If the decompress is the inverse of compress, then there will be a
packed vector holding the non-zero elements and a bit mask indicating
which elements should receive the elements after unpacking
7 6 5 4 3 2 1 0 # vid
e d c b a # packed vector of 5 elements
1 0 0 1 1 1 0 1 # mask vector of 8 elements
e 0 0 d c b 0 a # result of decompress
This can be synthesized by using iota and masked vrgather
1 0 0 1 1 1 0 1 # mask vector
4 4 4 3 2 1 1 0 # viota.m
0 0 0 0 0 0 0 0 # zero result register
e 0 0 d c b 0 a # vrgather using viota.m under mask
code is
# v0 holds mask
# v1 holds packed data
# v11 holds decompressed data
viota.m v10, v0 # Calc iota from mask in v0
vmv.v.i v11, 0 # Clear destination
vrgather.vv v11, v1, v10, v0.t # Expand into destination
So decompress is quite fast already.
The reason there is a compress instruction is that it cannot be
synthesized from other instructions in the same way. You could
provide a "compress bit mask into packed indices" instruction, then do
an vrgather, but that is not much simpler than just doing the
compress.
Krste
On Thu, 03 Sep 2020 00:12:51 -0700, "lidawei14 via lists.riscv.org" <lidawei14=huawei.com@...> said:
| Hi all,
| For common AI workloads such as DNNs, data communications between network layers introduce huge pressure
| on capacity and bandwidth of the memory hierarchy.
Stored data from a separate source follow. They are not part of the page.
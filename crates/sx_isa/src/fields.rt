//! The fields of first words, and what they name.

ghost use Rattle.std.specs.Prelude.{◌≡◌, ◌/◌, ◌%◌, ◌<◌, ◌==◌};
ghost use Rattle.sx_isa.specs.Reading.{takes_word, source_at, destination_at, op2_at, op1_at};
ghost use Rattle.sx_isa.specs.Reading.{offset_at};
ghost use Rattle.sx_isa.specs.Legal.{is_allowed};

use crate::instruction::{Op1, Op2, Operand};

/// The fields of a first word with two operands.
#[derive(Clone, Copy)]
pub struct TwoFields {
    /// Bits 15 to 12: the operation.
    pub op: u8,
    /// Bits 11 to 8: the source's register.
    pub source: u8,
    /// Bit 7: the destination's addressing mode.
    pub ad: u8,
    /// Bit 6: on bytes.
    pub byte: bool,
    /// Bits 5 and 4: the source's addressing mode.
    pub mode: u8,
    /// Bits 3 to 0: the destination's register.
    pub destination: u8,
}

/// The fields of a word as one with two operands.
pub fn two_fields(w: u16) -> TwoFields
    ensures op { result.op ≡ w / 4096 }
    ensures source { result.source ≡ w / 256 % 16 }
    ensures ad { result.ad ≡ w / 128 % 2 }
    ensures byte { result.byte ≡ w / 64 % 2 == 1 }
    ensures mode { result.mode ≡ w / 16 % 4 }
    ensures destination { result.destination ≡ w % 16 }
{
    TwoFields {
        op: (w >> 12) as u8,
        source: (w >> 8 & 15) as u8,
        ad: (w >> 7 & 1) as u8,
        byte: w >> 6 & 1 == 1,
        mode: (w >> 4 & 3) as u8,
        destination: (w & 15) as u8,
    }
}

/// The fields of a first word with one operand.
#[derive(Clone, Copy)]
pub struct OneFields {
    /// Bits 9 to 7: the operation.
    pub op: u8,
    /// Bit 6: on bytes.
    pub byte: bool,
    /// Bits 5 and 4: the addressing mode.
    pub mode: u8,
    /// Bits 3 to 0: the register.
    pub register: u8,
}

/// The fields of a word as one with one operand.
pub fn one_fields(w: u16) -> OneFields
    ensures op { result.op ≡ w / 128 % 8 }
    ensures byte { result.byte ≡ w / 64 % 2 == 1 }
    ensures mode { result.mode ≡ w / 16 % 4 }
    ensures register { result.register ≡ w % 16 }
{
    OneFields {
        op: (w >> 7 & 7) as u8,
        byte: w >> 6 & 1 == 1,
        mode: (w >> 4 & 3) as u8,
        register: (w & 15) as u8,
    }
}

/// Whether a word follows for a register in a mode.
pub fn takes_word(register: u8, mode: u8) -> bool
    ensures { result ≡ takes_word register mode }
{
    mode == 1 && register != 3 || mode == 3 && register == 0
}

/// The operand that is read, where x is the word that follows.
pub fn source(register: u8, mode: u8, x: u16) -> Operand
    requires { mode < 4 }
    ensures { result ≡ source_at register mode x }
{
    match (mode, register) {
        (0, 3) => Operand::Const(0),
        (0, _) => Operand::Reg(register),
        (1, 0) => Operand::Symbolic(x),
        (1, 2) => Operand::Absolute(x),
        (1, 3) => Operand::Const(1),
        (1, _) => Operand::Indexed(register, x),
        (2, 2) => Operand::Const(4),
        (2, 3) => Operand::Const(2),
        (2, _) => Operand::Indirect(register),
        (_, 0) => Operand::Immediate(x),
        (_, 2) => Operand::Const(8),
        (_, 3) => Operand::Const(0xffff),
        (_, _) => Operand::Increment(register),
    }
}

/// The operand that is written, where x is the word that follows.
pub fn destination(register: u8, ad: u8, x: u16) -> Option<Operand>
    ensures { result ≡ destination_at register ad x }
{
    match (ad, register) {
        (0, _) => Some(Operand::Reg(register)),
        (_, 0) => Some(Operand::Symbolic(x)),
        (_, 2) => Some(Operand::Absolute(x)),
        (_, 3) => None,
        (_, _) => Some(Operand::Indexed(register, x)),
    }
}

/// The operation on two operands of this code. `None` exactly where there is none: below 4, and 10,
/// which is DADD in TI's guide and no instruction here.
pub fn op2(code: u8) -> Option<Op2>
    ensures { result ≡ op2_at code }
{
    match code {
        4 => Some(Op2::Mov),
        5 => Some(Op2::Add),
        6 => Some(Op2::Addc),
        7 => Some(Op2::Subc),
        8 => Some(Op2::Sub),
        9 => Some(Op2::Cmp),
        11 => Some(Op2::Bit),
        12 => Some(Op2::Bic),
        13 => Some(Op2::Bis),
        14 => Some(Op2::Xor),
        15 => Some(Op2::And),
        _ => None,
    }
}

/// The operation on one operand of this code, `None` for 6 and above.
pub fn op1(code: u8) -> Option<Op1>
    ensures { result ≡ op1_at code }
{
    match code {
        0 => Some(Op1::Rrc),
        1 => Some(Op1::Swpb),
        2 => Some(Op1::Rra),
        3 => Some(Op1::Sxt),
        4 => Some(Op1::Push),
        5 => Some(Op1::Call),
        _ => None,
    }
}

/// The offset of a jump, from its ten bits.
pub fn offset(field: u16) -> i16
    requires { field < 1024 }
    ensures { result ≡ offset_at field }
{
    if field < 512 {
        field as i16
    } else {
        field as i16 - 1024
    }
}

/// Whether an operation on one operand has this form, at this operand.
pub fn is_allowed(op: Op1, byte: bool, arg: Operand) -> bool
    ensures { result ≡ is_allowed op byte arg }
{
    let has_byte_form = matches!(op, Op1::Rrc | Op1::Rra | Op1::Push);
    let writes_back = !matches!(op, Op1::Push | Op1::Call);
    let is_value = matches!(arg, Operand::Immediate(_) | Operand::Const(_));
    (has_byte_form || !byte) && !(writes_back && is_value)
}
| For instance, dynamic large activation or feature map data needs to be buffered and communicated across
| multiple layers, which often appears to be sparse (e.g. ReLU).
| People use bit vectors to "compress" the data buffered and "decompress" for the following layer
| computations.
| Here we can see from the spec that "vcompress" has already been included, how about "vdecompress"?
| Thanks,
| Dawei
|